[Dataset excerpts]
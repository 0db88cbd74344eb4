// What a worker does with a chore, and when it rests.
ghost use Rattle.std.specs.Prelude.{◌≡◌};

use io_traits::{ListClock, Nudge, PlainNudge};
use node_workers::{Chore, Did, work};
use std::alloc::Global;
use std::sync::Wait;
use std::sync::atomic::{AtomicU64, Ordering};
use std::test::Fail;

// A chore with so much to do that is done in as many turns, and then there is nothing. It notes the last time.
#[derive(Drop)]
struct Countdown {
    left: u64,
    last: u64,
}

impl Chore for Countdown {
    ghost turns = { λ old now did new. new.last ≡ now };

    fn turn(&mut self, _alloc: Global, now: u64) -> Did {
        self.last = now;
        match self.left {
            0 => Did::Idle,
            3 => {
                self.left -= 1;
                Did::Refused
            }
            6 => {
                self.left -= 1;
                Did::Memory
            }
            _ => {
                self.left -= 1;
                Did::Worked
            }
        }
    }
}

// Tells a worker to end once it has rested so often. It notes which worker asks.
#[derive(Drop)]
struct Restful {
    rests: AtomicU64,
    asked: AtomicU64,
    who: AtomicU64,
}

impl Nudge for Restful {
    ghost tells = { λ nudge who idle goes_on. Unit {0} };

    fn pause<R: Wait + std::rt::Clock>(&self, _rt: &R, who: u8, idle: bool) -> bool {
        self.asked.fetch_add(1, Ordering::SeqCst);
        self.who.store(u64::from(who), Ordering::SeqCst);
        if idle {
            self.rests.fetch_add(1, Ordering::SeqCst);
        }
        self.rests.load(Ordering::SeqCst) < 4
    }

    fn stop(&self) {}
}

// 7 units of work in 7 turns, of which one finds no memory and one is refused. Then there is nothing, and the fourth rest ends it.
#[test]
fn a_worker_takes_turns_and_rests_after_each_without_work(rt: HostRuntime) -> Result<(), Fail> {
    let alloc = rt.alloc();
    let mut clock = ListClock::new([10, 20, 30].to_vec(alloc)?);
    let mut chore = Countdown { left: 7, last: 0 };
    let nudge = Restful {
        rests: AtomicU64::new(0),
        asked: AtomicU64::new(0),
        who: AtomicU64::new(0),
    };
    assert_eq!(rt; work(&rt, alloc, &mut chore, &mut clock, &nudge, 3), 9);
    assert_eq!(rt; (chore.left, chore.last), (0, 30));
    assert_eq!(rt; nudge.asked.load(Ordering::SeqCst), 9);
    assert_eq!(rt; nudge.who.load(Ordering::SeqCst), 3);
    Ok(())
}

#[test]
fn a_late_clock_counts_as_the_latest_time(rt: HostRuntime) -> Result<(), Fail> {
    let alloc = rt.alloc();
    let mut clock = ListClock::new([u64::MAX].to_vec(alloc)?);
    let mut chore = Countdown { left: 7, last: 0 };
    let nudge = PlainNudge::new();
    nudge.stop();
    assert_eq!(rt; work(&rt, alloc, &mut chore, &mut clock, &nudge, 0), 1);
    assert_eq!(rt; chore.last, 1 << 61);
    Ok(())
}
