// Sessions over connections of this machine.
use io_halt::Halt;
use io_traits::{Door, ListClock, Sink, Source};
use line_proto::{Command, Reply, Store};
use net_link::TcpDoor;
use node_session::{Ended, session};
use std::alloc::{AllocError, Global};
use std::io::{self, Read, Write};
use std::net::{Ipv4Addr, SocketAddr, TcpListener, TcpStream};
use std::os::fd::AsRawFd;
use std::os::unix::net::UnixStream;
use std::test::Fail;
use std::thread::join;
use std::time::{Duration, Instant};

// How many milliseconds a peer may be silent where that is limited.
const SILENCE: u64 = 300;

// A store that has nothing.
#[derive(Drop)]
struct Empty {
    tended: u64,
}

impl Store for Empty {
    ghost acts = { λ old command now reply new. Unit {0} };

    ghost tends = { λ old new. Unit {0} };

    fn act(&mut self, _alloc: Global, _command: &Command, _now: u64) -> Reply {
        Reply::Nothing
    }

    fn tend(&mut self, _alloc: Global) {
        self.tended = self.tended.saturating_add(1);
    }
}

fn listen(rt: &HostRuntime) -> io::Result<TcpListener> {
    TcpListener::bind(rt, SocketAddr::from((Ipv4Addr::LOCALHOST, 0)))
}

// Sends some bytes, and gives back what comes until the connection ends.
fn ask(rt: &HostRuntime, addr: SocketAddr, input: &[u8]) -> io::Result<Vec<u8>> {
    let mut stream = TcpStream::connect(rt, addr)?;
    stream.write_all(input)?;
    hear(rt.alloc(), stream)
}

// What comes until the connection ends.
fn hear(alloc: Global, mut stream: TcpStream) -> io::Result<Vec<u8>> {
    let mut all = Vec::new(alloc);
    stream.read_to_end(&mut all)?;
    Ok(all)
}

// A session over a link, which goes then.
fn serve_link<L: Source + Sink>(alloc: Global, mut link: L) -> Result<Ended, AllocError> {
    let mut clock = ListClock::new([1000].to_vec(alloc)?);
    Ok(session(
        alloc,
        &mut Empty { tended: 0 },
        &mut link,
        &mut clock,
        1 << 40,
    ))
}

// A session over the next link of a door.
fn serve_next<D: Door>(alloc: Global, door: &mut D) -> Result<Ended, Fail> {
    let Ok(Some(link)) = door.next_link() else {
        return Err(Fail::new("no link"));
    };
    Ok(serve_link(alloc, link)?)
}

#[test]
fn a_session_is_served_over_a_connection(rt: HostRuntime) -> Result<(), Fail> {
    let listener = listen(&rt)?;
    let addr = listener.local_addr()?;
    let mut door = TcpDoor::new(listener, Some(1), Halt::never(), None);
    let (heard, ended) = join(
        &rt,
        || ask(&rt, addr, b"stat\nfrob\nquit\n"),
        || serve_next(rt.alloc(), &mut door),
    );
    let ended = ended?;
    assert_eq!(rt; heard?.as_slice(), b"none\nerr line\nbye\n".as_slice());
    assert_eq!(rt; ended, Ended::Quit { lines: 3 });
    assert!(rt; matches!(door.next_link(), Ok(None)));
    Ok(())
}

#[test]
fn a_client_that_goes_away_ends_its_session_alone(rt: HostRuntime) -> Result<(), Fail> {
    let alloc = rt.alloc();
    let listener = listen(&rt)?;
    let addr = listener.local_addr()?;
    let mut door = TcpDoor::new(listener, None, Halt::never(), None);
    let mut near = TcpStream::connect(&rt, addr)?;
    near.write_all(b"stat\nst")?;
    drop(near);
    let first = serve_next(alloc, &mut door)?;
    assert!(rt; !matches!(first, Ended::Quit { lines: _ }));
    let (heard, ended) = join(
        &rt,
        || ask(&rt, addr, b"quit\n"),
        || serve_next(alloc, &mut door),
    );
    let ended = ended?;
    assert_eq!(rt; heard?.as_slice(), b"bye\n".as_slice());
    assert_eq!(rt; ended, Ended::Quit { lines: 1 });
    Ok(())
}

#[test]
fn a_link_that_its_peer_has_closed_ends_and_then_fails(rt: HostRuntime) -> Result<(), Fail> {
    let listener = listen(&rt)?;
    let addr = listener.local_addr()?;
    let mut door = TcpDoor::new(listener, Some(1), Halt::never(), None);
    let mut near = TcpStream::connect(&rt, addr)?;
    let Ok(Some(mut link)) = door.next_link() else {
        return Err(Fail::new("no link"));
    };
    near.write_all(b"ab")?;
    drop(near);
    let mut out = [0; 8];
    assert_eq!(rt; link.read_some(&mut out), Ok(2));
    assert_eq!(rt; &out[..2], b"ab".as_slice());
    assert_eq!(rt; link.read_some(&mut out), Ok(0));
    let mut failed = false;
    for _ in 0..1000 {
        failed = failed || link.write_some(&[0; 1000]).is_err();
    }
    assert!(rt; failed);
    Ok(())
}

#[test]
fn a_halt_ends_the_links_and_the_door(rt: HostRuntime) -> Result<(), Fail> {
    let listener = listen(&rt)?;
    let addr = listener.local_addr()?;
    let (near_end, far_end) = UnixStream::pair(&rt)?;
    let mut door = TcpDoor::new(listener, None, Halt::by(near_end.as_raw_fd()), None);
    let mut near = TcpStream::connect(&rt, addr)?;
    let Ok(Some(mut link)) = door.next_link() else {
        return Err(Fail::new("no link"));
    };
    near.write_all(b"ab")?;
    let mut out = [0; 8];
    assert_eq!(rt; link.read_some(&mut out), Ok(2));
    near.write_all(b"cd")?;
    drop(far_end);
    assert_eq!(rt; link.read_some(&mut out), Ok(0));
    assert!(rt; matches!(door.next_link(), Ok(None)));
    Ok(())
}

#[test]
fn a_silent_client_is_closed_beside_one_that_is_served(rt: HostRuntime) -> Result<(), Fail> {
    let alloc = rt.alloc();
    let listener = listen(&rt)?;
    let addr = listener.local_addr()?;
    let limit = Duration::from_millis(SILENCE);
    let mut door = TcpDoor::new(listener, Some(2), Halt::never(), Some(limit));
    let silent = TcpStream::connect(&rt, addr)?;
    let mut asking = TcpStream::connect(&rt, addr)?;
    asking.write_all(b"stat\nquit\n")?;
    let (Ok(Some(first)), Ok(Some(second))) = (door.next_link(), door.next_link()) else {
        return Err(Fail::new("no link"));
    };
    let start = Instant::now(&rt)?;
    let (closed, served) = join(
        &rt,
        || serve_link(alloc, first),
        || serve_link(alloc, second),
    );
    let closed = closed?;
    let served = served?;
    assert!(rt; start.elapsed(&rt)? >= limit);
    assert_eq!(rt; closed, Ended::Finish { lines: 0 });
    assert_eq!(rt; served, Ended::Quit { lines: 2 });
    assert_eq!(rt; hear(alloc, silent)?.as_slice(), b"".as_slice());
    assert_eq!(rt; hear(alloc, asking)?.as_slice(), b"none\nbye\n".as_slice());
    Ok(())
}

YOUR ASSIGNMENT - Above are the entries. Quote exactly the lines from the one bearing "self.last = now;" through the one bearing "nudge.stop();".

YOUR RESPONSE -
        self.last = now;
        match self.left {
            0 => Did::Idle,
            3 => {
                self.left -= 1;
                Did::Refused
            }
            6 => {
                self.left -= 1;
                Did::Memory
            }
            _ => {
                self.left -= 1;
                Did::Worked
            }
        }
    }
}

// Tells a worker to end once it has rested so often. It notes which worker asks.
#[derive(Drop)]
struct Restful {
    rests: AtomicU64,
    asked: AtomicU64,
    who: AtomicU64,
}

impl Nudge for Restful {
    ghost tells = { λ nudge who idle goes_on. Unit {0} };

    fn pause<R: Wait + std::rt::Clock>(&self, _rt: &R, who: u8, idle: bool) -> bool {
        self.asked.fetch_add(1, Ordering::SeqCst);
        self.who.store(u64::from(who), Ordering::SeqCst);
        if idle {
            self.rests.fetch_add(1, Ordering::SeqCst);
        }
        self.rests.load(Ordering::SeqCst) < 4
    }

    fn stop(&self) {}
}

// 7 units of work in 7 turns, of which one finds no memory and one is refused. Then there is nothing, and the fourth rest ends it.
#[test]
fn a_worker_takes_turns_and_rests_after_each_without_work(rt: HostRuntime) -> Result<(), Fail> {
    let alloc = rt.alloc();
    let mut clock = ListClock::new([10, 20, 30].to_vec(alloc)?);
    let mut chore = Countdown { left: 7, last: 0 };
    let nudge = Restful {
        rests: AtomicU64::new(0),
        asked: AtomicU64::new(0),
        who: AtomicU64::new(0),
    };
    assert_eq!(rt; work(&rt, alloc, &mut chore, &mut clock, &nudge, 3), 9);
    assert_eq!(rt; (chore.left, chore.last), (0, 30));
    assert_eq!(rt; nudge.asked.load(Ordering::SeqCst), 9);
    assert_eq!(rt; nudge.who.load(Ordering::SeqCst), 3);
    Ok(())
}

#[test]
fn a_late_clock_counts_as_the_latest_time(rt: HostRuntime) -> Result<(), Fail> {
    let alloc = rt.alloc();
    let mut clock = ListClock::new([u64::MAX].to_vec(alloc)?);
    let mut chore = Countdown { left: 7, last: 0 };
    let nudge = PlainNudge::new();
    nudge.stop();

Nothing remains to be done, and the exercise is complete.